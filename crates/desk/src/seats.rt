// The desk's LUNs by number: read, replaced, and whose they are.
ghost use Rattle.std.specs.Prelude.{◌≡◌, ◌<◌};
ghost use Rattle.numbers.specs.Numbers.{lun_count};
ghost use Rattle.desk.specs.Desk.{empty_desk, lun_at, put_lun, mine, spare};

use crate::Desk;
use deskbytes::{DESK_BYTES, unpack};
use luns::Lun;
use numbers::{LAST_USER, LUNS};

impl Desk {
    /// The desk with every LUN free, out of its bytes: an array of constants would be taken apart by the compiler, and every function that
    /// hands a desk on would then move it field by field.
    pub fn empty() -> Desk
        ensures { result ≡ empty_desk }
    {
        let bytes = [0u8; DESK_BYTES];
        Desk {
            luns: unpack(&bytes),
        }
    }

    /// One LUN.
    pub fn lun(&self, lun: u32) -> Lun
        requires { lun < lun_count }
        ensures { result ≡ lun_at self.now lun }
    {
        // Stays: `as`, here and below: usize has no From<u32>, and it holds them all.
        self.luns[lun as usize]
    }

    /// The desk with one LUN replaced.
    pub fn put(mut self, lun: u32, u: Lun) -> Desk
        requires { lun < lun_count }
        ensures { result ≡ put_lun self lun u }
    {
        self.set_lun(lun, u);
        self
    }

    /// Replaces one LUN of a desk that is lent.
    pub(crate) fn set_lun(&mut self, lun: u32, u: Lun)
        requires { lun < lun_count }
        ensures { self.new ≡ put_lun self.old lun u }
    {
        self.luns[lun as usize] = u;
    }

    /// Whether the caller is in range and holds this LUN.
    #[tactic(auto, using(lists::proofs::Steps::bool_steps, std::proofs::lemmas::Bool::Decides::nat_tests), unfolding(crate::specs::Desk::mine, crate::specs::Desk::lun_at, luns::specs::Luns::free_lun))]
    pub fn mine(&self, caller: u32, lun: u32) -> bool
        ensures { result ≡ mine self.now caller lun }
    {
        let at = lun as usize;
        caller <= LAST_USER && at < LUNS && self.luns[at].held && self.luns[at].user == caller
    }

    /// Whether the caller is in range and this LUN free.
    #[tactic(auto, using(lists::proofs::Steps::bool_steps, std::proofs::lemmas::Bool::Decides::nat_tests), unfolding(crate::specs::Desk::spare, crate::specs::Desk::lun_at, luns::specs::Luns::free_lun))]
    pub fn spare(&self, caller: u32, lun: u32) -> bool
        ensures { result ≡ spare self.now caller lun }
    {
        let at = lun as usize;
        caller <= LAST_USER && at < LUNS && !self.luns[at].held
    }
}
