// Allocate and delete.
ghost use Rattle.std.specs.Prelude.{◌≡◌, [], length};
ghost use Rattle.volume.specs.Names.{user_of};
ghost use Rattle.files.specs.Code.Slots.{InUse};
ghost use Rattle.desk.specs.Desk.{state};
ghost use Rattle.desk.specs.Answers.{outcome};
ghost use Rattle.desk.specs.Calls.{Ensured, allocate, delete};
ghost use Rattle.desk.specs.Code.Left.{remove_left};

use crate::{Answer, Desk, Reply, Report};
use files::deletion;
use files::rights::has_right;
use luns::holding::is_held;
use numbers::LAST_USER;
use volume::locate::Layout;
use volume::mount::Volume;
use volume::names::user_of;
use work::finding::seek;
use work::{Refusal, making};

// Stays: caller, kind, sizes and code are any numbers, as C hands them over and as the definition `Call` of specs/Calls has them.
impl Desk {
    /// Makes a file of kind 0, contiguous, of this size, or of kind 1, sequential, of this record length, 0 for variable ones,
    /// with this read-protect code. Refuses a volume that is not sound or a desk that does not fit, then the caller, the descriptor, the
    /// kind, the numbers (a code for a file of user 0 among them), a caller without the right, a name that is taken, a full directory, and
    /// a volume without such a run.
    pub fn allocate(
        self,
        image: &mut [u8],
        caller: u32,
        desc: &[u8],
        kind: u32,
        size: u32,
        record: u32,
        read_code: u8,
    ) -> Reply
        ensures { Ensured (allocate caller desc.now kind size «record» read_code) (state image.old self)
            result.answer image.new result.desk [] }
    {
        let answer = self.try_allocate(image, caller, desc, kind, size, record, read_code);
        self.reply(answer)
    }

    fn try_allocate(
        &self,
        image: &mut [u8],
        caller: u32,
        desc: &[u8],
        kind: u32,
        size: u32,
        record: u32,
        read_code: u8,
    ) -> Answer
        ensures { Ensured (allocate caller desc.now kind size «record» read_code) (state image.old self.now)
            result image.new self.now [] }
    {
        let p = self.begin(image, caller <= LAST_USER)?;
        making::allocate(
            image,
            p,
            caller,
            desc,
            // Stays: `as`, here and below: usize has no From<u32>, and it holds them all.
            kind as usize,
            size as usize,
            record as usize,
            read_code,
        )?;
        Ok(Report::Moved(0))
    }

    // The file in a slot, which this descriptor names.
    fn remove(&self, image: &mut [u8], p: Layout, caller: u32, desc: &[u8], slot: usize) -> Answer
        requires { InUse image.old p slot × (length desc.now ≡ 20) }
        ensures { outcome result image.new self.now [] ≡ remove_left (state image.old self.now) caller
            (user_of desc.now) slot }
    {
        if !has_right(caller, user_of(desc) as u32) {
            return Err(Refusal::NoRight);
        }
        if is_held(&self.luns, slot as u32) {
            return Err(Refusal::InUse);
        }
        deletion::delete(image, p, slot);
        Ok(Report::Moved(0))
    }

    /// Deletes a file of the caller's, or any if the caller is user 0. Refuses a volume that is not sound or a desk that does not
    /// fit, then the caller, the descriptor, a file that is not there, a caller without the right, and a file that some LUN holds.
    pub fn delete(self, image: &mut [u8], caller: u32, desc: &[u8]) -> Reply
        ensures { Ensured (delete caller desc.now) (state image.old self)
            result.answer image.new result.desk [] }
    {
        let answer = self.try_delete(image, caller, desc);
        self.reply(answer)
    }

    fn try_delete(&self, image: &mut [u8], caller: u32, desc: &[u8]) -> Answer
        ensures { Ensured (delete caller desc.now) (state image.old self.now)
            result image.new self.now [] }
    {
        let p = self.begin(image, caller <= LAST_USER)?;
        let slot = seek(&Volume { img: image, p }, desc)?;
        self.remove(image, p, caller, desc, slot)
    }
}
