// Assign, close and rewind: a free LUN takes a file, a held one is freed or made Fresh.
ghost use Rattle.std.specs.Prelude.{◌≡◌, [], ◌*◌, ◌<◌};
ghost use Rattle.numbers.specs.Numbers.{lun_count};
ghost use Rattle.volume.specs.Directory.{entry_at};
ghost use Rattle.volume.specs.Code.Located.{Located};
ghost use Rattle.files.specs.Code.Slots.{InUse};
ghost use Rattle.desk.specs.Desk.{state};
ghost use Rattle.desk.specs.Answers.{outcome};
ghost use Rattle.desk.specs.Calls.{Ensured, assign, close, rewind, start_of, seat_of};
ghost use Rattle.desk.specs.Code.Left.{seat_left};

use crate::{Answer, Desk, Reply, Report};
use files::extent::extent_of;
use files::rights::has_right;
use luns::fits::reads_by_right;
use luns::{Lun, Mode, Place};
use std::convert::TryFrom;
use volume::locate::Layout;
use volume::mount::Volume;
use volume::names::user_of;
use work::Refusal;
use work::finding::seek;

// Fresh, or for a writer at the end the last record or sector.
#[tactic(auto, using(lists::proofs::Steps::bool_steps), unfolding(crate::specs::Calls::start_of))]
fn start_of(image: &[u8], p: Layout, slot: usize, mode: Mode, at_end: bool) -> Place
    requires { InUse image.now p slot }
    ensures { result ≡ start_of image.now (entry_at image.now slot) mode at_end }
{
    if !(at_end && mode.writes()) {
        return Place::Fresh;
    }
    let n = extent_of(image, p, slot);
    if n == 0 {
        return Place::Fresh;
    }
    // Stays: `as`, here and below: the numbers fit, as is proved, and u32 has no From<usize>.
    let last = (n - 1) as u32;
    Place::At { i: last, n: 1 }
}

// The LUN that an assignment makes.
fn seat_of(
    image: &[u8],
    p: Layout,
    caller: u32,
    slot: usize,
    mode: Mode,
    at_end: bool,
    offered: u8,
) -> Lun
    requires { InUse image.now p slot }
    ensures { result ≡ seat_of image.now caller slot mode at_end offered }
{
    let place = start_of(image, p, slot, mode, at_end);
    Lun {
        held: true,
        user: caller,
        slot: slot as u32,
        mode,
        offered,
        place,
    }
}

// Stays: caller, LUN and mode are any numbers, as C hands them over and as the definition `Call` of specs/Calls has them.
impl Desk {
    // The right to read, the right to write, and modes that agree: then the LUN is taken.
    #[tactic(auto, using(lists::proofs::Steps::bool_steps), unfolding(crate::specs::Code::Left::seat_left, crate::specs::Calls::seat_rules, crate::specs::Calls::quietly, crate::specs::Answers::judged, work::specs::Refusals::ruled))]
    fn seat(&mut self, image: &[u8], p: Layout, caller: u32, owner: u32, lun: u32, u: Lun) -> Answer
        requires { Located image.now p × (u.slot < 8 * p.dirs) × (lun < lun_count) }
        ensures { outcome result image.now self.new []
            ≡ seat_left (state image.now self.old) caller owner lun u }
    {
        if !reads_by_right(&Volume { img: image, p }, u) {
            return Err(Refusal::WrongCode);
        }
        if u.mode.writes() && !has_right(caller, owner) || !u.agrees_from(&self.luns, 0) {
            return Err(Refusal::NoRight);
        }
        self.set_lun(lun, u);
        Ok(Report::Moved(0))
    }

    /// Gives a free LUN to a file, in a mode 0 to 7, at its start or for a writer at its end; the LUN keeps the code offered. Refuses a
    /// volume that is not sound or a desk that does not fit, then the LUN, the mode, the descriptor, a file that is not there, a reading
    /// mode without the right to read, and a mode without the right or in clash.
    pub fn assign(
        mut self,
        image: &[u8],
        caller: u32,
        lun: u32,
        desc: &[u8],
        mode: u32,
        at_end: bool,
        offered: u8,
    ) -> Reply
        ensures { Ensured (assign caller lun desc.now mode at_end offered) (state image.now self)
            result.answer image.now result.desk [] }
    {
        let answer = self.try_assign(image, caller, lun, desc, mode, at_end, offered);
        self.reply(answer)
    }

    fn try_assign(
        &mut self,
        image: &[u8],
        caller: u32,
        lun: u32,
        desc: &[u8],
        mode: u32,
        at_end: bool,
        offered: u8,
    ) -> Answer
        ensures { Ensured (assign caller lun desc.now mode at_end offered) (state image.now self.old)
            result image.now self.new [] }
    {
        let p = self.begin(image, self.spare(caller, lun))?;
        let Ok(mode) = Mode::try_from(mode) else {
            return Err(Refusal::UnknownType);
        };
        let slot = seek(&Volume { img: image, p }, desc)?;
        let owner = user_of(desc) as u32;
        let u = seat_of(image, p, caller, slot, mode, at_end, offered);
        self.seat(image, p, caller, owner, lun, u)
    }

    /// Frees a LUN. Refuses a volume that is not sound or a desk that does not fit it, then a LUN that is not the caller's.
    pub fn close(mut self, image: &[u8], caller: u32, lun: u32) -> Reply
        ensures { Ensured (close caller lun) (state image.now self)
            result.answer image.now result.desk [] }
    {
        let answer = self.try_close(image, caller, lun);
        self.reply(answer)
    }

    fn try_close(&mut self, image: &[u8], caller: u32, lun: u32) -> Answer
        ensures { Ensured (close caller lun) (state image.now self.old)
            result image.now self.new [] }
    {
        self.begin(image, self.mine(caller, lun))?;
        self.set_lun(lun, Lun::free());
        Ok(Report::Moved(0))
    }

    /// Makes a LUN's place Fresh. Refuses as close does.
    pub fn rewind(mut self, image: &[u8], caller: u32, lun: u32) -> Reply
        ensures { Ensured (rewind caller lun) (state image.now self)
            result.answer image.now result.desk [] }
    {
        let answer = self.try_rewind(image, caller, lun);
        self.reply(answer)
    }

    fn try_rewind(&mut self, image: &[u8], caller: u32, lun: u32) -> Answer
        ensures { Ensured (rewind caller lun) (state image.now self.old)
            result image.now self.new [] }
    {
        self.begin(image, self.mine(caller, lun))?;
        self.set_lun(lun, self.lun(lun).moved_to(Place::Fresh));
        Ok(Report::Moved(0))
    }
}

PROBLEM:
Filter the listing above by the word "numbers"; copy each line that passes.

YOUR RESPONSE:
ghost use Rattle.numbers.specs.Numbers.{lun_count};
use numbers::{LAST_USER, LUNS};
use numbers::LAST_USER;
// Stays: caller, kind, sizes and code are any numbers, as C hands them over and as the definition `Call` of specs/Calls has them.
    /// kind, the numbers (a code for a file of user 0 among them), a caller without the right, a name that is taken, a full directory, and
ghost use Rattle.numbers.specs.Numbers.{lun_count};
    // Stays: `as`, here and below: the numbers fit, as is proved, and u32 has no From<usize>.
// Stays: caller, LUN and mode are any numbers, as C hands them over and as the definition `Call` of specs/Calls has them.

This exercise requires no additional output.